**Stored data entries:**
+-------+
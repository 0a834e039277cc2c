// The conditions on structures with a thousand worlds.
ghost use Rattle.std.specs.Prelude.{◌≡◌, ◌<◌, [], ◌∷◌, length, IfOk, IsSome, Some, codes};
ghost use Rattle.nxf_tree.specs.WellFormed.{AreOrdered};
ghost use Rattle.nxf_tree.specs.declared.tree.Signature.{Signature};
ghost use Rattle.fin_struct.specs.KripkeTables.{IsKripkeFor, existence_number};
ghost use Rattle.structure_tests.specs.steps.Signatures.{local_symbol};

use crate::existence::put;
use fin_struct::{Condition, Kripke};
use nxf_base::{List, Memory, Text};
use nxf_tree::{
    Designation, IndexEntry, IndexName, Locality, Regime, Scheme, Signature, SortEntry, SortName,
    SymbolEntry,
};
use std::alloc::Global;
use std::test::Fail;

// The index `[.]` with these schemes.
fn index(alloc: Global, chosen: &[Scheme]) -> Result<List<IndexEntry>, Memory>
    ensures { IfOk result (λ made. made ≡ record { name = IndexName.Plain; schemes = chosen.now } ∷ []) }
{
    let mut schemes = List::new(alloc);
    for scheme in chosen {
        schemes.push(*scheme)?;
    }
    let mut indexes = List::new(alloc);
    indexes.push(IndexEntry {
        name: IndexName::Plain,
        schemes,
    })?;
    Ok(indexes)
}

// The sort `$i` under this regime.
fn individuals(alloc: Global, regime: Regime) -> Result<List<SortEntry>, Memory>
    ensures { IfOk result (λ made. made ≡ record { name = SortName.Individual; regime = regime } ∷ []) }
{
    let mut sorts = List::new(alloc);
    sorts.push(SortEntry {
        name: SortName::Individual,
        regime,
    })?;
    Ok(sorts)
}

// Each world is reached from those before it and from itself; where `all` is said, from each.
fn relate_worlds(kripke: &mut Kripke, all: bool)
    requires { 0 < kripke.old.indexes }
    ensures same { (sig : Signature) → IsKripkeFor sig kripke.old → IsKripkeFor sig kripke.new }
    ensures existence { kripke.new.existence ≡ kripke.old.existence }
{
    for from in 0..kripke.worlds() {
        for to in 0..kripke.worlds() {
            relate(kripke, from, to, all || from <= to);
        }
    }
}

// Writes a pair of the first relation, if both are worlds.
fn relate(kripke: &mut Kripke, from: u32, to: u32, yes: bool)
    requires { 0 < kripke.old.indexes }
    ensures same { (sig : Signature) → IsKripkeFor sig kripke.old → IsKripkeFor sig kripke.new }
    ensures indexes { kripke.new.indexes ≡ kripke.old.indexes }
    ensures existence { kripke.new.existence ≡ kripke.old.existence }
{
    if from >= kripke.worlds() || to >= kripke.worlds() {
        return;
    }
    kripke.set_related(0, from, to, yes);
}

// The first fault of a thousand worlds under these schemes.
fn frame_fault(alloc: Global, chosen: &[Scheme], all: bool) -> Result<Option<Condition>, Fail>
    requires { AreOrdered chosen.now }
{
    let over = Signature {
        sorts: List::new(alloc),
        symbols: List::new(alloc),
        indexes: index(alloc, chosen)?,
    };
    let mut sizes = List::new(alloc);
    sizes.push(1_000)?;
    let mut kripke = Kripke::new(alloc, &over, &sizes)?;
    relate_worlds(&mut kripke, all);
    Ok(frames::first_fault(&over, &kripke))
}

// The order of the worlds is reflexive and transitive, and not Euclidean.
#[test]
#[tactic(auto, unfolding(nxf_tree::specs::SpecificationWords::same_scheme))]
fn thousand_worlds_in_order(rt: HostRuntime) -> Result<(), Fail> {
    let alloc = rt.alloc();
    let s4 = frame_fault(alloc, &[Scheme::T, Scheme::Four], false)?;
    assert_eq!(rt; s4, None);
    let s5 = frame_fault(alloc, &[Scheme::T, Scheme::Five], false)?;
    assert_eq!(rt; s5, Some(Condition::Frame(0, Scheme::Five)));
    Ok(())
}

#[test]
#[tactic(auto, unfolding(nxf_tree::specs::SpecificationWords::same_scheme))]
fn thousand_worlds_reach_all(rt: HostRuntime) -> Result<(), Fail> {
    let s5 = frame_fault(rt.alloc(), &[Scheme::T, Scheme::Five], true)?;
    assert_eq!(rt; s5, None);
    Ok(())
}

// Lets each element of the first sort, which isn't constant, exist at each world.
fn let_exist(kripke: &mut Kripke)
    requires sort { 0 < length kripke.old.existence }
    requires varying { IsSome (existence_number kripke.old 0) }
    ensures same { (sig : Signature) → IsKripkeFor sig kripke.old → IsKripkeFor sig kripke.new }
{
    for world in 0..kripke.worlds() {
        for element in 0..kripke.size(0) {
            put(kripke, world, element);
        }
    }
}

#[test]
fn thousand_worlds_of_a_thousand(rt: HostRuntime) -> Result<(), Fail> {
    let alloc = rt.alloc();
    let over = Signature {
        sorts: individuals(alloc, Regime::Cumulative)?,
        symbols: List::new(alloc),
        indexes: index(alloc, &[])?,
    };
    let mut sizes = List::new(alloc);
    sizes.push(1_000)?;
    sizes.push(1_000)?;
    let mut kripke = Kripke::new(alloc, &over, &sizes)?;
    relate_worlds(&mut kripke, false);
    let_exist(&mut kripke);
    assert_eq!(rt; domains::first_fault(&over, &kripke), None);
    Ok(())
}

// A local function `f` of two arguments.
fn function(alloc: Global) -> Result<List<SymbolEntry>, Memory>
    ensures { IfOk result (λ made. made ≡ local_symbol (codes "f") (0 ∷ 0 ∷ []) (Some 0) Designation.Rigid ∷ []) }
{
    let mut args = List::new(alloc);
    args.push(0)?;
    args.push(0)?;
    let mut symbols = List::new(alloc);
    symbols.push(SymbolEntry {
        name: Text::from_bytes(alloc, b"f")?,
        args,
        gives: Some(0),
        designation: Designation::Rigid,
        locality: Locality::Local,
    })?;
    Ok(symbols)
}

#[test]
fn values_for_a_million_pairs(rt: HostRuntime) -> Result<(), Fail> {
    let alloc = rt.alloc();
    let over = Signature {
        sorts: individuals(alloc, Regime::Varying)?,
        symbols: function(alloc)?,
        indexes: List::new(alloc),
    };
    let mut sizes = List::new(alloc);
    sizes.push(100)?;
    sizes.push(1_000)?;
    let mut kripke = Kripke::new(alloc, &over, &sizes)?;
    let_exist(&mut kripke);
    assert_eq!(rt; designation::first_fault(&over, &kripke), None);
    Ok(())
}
+-------+
Search the data for the string "function" and copy out every line where it is found.

// A local function `f` of two arguments.
fn function(alloc: Global) -> Result<List<SymbolEntry>, Memory>
        symbols: function(alloc)?,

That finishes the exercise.